EXERCISE GOAL: Pull every line containing the word "ghost" from the records.

+++

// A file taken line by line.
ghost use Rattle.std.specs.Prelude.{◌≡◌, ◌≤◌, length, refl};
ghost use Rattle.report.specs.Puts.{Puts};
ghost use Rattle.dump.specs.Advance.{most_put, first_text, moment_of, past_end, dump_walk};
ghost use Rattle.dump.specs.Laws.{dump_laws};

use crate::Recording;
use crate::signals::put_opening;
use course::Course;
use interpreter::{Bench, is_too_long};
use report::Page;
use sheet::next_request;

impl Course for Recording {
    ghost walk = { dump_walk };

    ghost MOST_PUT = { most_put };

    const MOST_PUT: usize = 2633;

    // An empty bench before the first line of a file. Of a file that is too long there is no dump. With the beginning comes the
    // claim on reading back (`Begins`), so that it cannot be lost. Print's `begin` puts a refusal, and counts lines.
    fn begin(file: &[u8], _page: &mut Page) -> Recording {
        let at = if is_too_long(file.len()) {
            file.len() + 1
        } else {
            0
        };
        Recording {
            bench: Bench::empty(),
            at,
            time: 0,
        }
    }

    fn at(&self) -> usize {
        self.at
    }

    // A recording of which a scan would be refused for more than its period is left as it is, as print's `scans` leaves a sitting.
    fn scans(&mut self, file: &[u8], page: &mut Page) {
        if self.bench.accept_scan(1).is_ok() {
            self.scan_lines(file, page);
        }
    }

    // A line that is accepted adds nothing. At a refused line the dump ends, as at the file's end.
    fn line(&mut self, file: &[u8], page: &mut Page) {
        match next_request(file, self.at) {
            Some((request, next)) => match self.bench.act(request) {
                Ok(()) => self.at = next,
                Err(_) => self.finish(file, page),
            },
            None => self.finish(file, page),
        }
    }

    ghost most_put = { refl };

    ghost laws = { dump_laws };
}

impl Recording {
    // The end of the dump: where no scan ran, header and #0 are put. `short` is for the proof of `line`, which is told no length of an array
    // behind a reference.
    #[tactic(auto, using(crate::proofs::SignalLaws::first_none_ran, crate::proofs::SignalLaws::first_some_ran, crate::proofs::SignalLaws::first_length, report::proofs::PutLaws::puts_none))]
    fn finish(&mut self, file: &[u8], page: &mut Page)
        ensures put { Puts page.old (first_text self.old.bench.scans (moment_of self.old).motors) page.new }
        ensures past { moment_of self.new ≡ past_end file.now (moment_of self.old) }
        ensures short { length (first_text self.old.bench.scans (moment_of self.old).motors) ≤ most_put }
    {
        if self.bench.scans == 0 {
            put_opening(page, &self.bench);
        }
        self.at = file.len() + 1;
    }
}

+++

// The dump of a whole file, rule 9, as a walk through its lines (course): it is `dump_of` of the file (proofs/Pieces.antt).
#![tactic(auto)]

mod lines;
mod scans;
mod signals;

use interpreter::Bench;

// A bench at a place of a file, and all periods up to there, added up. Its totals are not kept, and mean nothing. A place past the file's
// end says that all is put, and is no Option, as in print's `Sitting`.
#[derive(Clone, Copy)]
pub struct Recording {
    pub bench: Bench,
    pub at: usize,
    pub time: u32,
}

+++

WRITTEN ANSWER:
ghost use Rattle.std.specs.Prelude.{◌≡◌, ◌≤◌, length, refl};
ghost use Rattle.report.specs.Puts.{Puts};
ghost use Rattle.dump.specs.Advance.{most_put, first_text, moment_of, past_end, dump_walk};
ghost use Rattle.dump.specs.Laws.{dump_laws};
    ghost walk = { dump_walk };
    ghost MOST_PUT = { most_put };
    ghost most_put = { refl };
    ghost laws = { dump_laws };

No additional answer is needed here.